Welcome to nf-gwas!

A Nextflow pipeline to perform genome-wide association studies (GWAS).

This cloud-ready GWAS pipeline allows you to run single variant tests, gene-based tests and interaction testing using REGENIE in an automated and reproducible way.

For single variant tests, the pipeline works with BGEN (e.g. from UK Biobank) or VCF files (e.g. from Michigan Imputation Server). For gene-based tests, we currently support BED files as an input. The output files of the pipeline include results of the association tests (in tabix indexed format, which works with e.g. LocusZoom out of the box), annotated loci tophits and an interactive HTML report with summary statistics and plots.

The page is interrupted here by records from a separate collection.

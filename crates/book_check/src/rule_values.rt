//! The rules on trees: the value of a node from the numbers of its premises' conclusions.
ghost use Rattle.std.specs.Prelude.{◌≡◌, ◌==◌, ◌&&◌, ℕ, true, IfErr, IfOk, map};
ghost use Rattle.std.specs.List.{list_any};
ghost use Rattle.std.specs.Option.{option_copied};
ghost use Rattle.algebra.specs.declared.basic.Basic.TheVariants.{Const};
ghost use Rattle.algebra.specs.Basics.{seq_of};
ghost use Rattle.algebra.specs.HeldPaths.{Held};
ghost use Rattle.conditions.specs.Conditions.{cond_of, value_of, IsCanonical};
ghost use Rattle.core_program.specs.Locks.{path_of};
ghost use Rattle.core_program.specs.Views.{expr_of, exprs_from, program_of, stmt_of, stmts_from};
ghost use Rattle.rules.specs.Effect.{after_stmt, call_of};
ghost use Rattle.rules.specs.Mentions.{paths_of};
ghost use Rattle.book_check.specs.Judges.{judge_assignment, judge_program, judge_rel, judge_table, judge_value, AreCanonical};
ghost use Rattle.effects.specs.Rules.{block_value, rule_of, stmt_rule as stmt_rule_of, AreAllKnown, Value};
ghost use Rattle.book_check.specs.declared.refusal.Refusal.{Refusal};
ghost use Rattle.book_check.specs.Works.{IsUnbounded};
ghost use Rattle.book_check.specs.Charges.{known_value, IsKnownTree};
ghost use Rattle.book_check.specs.Blocks.{keeps_paths as keeps_paths_of, AreAbsorbed, IsAbsorbed};
ghost use Rattle.effects.specs.Bodies.{part_of};

use crate::charged::Charged;
use crate::judge::Judge;
use crate::lookups::{conclusion, line_tree};
use crate::names::{CallNames, at_call, before, with_required};
use crate::refusal::Refusal;
use crate::values::seq;
use crate::work::Work;
use algebra::Basic;
use conditions::Tree;
use core_program::{CoreExpr, CoreProgram, CoreStmt, path_of};
use effects::BodyPart;
use paths::{MethodId, Path};
use rules::required_of;
use std::alloc::{AllocError as NoMemory, Global};

/// How many numbers are noted at most.
const MOST_NOTED: usize = 16;

/// The value of the tree with this number, and then another.
fn conclusion_then(
    alloc: Global,
    work: Work<'_>,
    judge: &Judge<'_>,
    number: u32,
    later: &Tree,
) -> Result<Tree, NoMemory>
    requires canonical { AreCanonical (judge_table judge.now) }
    requires later { IsCanonical (cond_of later.now) }
    ensures known { IfOk result (λ r. IsCanonical (cond_of r)) }
    ensures value { IfOk result (λ r. (H : Held) → value_of (cond_of r) H ≡ seq_of (judge_value judge.now number H) (value_of (cond_of later.now) H)) }
{
    let first = conclusion(alloc, work, judge, number)?;
    Ok(seq(alloc, work, &first, later)?)
}

/// The path of each argument, or none.
pub fn paths(
    alloc: Global,
    program: &CoreProgram,
    args: &[CoreExpr],
) -> Result<Vec<Option<Path>>, NoMemory>
    ensures { IfOk result (λ paths. paths.items ≡ paths_of (program_of program.now) (exprs_from args.now)) }
{
    let mut paths = Vec::new(alloc);
    for arg in args {
        paths.push(path_of(program, arg))?;
    }
    Ok(paths)
}

/// What a callee's tree gives at a call on this receiver with these arguments, by their paths.
#[tactic(auto, using(crate::proofs::NameLemmas::call_value, crate::proofs::NameLemmas::call_all))]
fn call_by_paths(
    alloc: Global,
    work: Work<'_>,
    judge: &Judge<'_>,
    callee: MethodId,
    receiver: Option<&Path>,
    args: &[Option<Path>],
) -> Result<Tree, Refusal>
    requires { AreCanonical (judge_table judge.now) }
    ensures known { IfOk result (λ r. IsCanonical (cond_of r)) }
    ensures value { IfOk result (λ r. (H : Held) → value_of (cond_of r) H ≡
        call_of (judge_program judge.now) (judge_rel judge.now) (judge_assignment judge.now) callee (option_copied receiver.entry) args.now H) }
    ensures unbounded { IsUnbounded work.entry → IfErr result (λ e. e ≡ Refusal.NoMemory) }
{
    let rel = judge.sets.rel(callee);
    let none = Tree::Leaf(Basic::Const);
    let tree = line_tree(judge.table, judge.lines, callee, &none);
    let value = at_call(alloc, work, rel, receiver, args, tree)?;
    let names = CallNames {
        rel,
        receiver,
        args,
    };
    let required = required_of(judge.program, callee);
    with_required(alloc, work, &names, required, value)
}

/// The last part of a call.
pub fn call(
    alloc: Global,
    work: Work<'_>,
    judge: &Judge<'_>,
    callee: MethodId,
    receiver: &CoreExpr,
    args: &[CoreExpr],
) -> Result<Tree, Refusal>
    requires { AreCanonical (judge_table judge.now) }
    ensures known { IfOk result (λ r. IsCanonical (cond_of r)) }
    ensures value { IfOk result (λ r. (H : Held) → let P = judge_program judge.now in value_of (cond_of r) H ≡
        call_of P (judge_rel judge.now) (judge_assignment judge.now) callee (path_of P (expr_of receiver.now)) (paths_of P (exprs_from args.now)) H) }
    ensures unbounded { IsUnbounded work.entry → IfErr result (λ e. e ≡ Refusal.NoMemory) }
{
    let receiver = path_of(judge.program, receiver);
    let args = paths(alloc, judge.program, args)?;
    call_by_paths(
        alloc,
        work,
        judge,
        callee,
        receiver.as_ref(),
        args.as_slice(),
    )
}

/// The value of the rest of a block, and the numbers of trees that are known to change nothing before it.
#[derive(Drop)]
struct Rest {
    value: Tree,
    absorbed: Vec<u32>,
}

/// What is left behind the last statement.
fn nothing_left(alloc: Global) -> Rest
    ensures known { IsCanonical (cond_of result.value) }
    ensures absorbed { (V : ℕ → Value) → AreAbsorbed V (value_of (cond_of result.value)) result.absorbed.items }
    ensures value { (H : Held) → value_of (cond_of result.value) H ≡ Const }
{
    Rest {
        value: Tree::Leaf(Basic::Const),
        absorbed: Vec::new(alloc),
    }
}

/// Whether a list has a number.
fn has_number(numbers: &[u32], number: u32) -> bool
    ensures { result ≡ list_any (λ n. n == number) numbers.now }
{
    numbers.contains(&number)
}

/// The list with a number that is absorbed, where the list is short; no list where the number isn't.
fn noted(
    alloc: Global,
    absorbed: Vec<u32>,
    number: u32,
    is_absorbed: bool,
) -> Result<Vec<u32>, NoMemory>
    ensures { (V : ℕ → Value) (v : Value) → (is_absorbed ≡ true → AreAbsorbed V v absorbed.items × IsAbsorbed V v number) → IfOk result (λ r. AreAbsorbed V v r.items) }
{
    if !is_absorbed {
        return Ok(Vec::new(alloc));
    }
    if absorbed.len() >= MOST_NOTED {
        return Ok(absorbed);
    }
    let mut longer = absorbed;
    longer.push(number)?;
    Ok(longer)
}

/// Whether both hold.
fn both(first: bool, second: bool) -> bool
    ensures { result ≡ (first && second) }
{
    first && second
}

/// Whether the paths that are held behind a statement are those before it.
pub fn keeps_paths(s: &CoreStmt) -> bool
    ensures { result ≡ keeps_paths_of (stmt_of s.now) }
{
    !matches!(s, CoreStmt::Local { is_final: true, .. })
}

/// A statement of a block and then the rest of the block, from the rest's value.
fn statement_and_rest(
    alloc: Global,
    work: Work<'_>,
    judge: &Judge<'_>,
    s: &CoreStmt,
    number: u32,
    rest: Rest,
) -> Result<Rest, NoMemory>
    requires canonical { AreCanonical (judge_table judge.now) }
    requires known { IsCanonical (cond_of rest.value) }
    requires absorbed { AreAbsorbed (judge_value judge.now) (value_of (cond_of rest.value)) rest.absorbed.items }
    ensures known { IfOk result (λ r. IsCanonical (cond_of r.value)) }
    ensures absorbed { IfOk result (λ r. AreAbsorbed (judge_value judge.now) (value_of (cond_of r.value)) r.absorbed.items) }
    ensures value { IfOk result (λ r. (H : Held) → value_of (cond_of r.value) H ≡
        seq_of (judge_value judge.now number H) (value_of (cond_of rest.value) (after_stmt (judge_program judge.now) (stmt_of s.now) H))) }
{
    let keeps = keeps_paths(s);
    if both(keeps, has_number(rest.absorbed.as_slice(), number)) {
        return Ok(rest);
    }
    let Rest { value, absorbed } = rest;
    let later = before(alloc, work, judge.program, s, value)?;
    let whole = conclusion_then(alloc, work, judge, number, &later)?;
    let longer = noted(alloc, absorbed, number, both(keeps, whole.same(&later)))?;
    Ok(Rest {
        value: whole,
        absorbed: longer,
    })
}

/// The statements of a block, from the last to the first.
fn block(
    alloc: Global,
    work: Work<'_>,
    judge: &Judge<'_>,
    body: &[CoreStmt],
    numbers: &[u32],
) -> Result<Tree, NoMemory>
    requires { AreCanonical (judge_table judge.now) }
    ensures known { IfOk result (λ r. IsCanonical (cond_of r)) }
    ensures value { IfOk result (λ r. (H : Held) → value_of (cond_of r) H ≡
        block_value (judge_program judge.now) (stmts_from body.now) (map (judge_value judge.now) numbers.now) H) }
{
    let mut rest = nothing_left(alloc);
    let mut place = body.len().min(numbers.len());
    while place > 0 {
        place -= 1;
        rest = statement_and_rest(alloc, work, judge, &body[place], numbers[place], rest)?;
    }
    Ok(rest.value)
}

/// The trees that these numbers have.
fn premises(
    alloc: Global,
    trees: &Charged<'_>,
    judge: &Judge<'_>,
    numbers: &[u32],
) -> Result<Vec<Tree>, NoMemory>
    requires { AreCanonical (judge_table judge.now) }
    ensures known { IfOk result (λ found. AreAllKnown IsKnownTree trees.now found.items) }
    ensures values { IfOk result (λ found. map (known_value trees.now) found.items ≡ map (judge_value judge.now) numbers.now) }
{
    let mut found = Vec::with_capacity(alloc, numbers.len())?;
    for number in numbers {
        let tree = conclusion(alloc, trees.work, judge, *number)?;
        found.push(tree)?;
    }
    Ok(found)
}

/// The value that a part's rule gives, by the rule of any algebra.
fn part_rule(
    alloc: Global,
    work: Work<'_>,
    judge: &Judge<'_>,
    part: BodyPart<'_>,
    numbers: &[u32],
) -> Result<Tree, NoMemory>
    requires { AreCanonical (judge_table judge.now) }
    ensures known { IfOk result (λ r. IsCanonical (cond_of r)) }
    ensures value { IfOk result (λ r. (H : Held) → value_of (cond_of r) H ≡
        rule_of (judge_program judge.now) (judge_rel judge.now) (judge_assignment judge.now) (part_of part.entry) (map (judge_value judge.now) numbers.now) H) }
{
    let mut trees = Charged { work };
    let values = premises(alloc, &trees, judge, numbers)?;
    effects::rule(alloc, judge, &mut trees, part, values.as_slice())
}

/// The value of a statement's node. A block passes over statements that change nothing, so no tree is made for these.
fn stmt_rule(
    alloc: Global,
    work: Work<'_>,
    judge: &Judge<'_>,
    s: &CoreStmt,
    numbers: &[u32],
) -> Result<Tree, NoMemory>
    requires { AreCanonical (judge_table judge.now) }
    ensures known { IfOk result (λ r. IsCanonical (cond_of r)) }
    ensures value { IfOk result (λ r. (H : Held) → value_of (cond_of r) H ≡
        stmt_rule_of (judge_program judge.now) (judge_rel judge.now) (judge_assignment judge.now) (stmt_of s.now) (map (judge_value judge.now) numbers.now) H) }
{
    match s {
        CoreStmt::Block(body) => block(alloc, work, judge, body.as_slice(), numbers),
        _ => part_rule(alloc, work, judge, BodyPart::Stmt(s), numbers),
    }
}

/// The value that a part's rule gives, from the numbers of its premises' conclusions, within so much work.
pub fn rule(
    alloc: Global,
    work: Work<'_>,
    judge: &Judge<'_>,
    part: BodyPart<'_>,
    numbers: &[u32],
) -> Result<Tree, NoMemory>
    requires { AreCanonical (judge_table judge.now) }
    ensures known { IfOk result (λ r. IsCanonical (cond_of r)) }
    ensures value { IfOk result (λ r. (H : Held) → value_of (cond_of r) H ≡
        rule_of (judge_program judge.now) (judge_rel judge.now) (judge_assignment judge.now) (part_of part.entry) (map (judge_value judge.now) numbers.now) H) }
{
    match part {
        BodyPart::Expr(_) => part_rule(alloc, work, judge, part, numbers),
        BodyPart::Stmt(s) => stmt_rule(alloc, work, judge, s, numbers),
    }
}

The single-variant pipeline currently includes the following steps:

Validate phenotype and covariate file (e.g. check file format, replace empty values with NA, create summary statistics)
Convert imputed data in VCF format into the plink2 file format (optional).
Prune micro-array data using plink2 (optional).
Filter micro-array data using plink2 based on MAF, MAC, HWE, genotype missingness and sample missingness.
Run regenie and index (tabix) results to use with LocusZoom.
Parse regenie log and create summary statistics.
Filter regenie results by pvalue.
Annotate filtered results using genomic-utils and genes from GENCODE.
Create a HTML report per phenotype including the annotated manhattan plot, qq plot, top loci, phenotype statistics and parsed log files.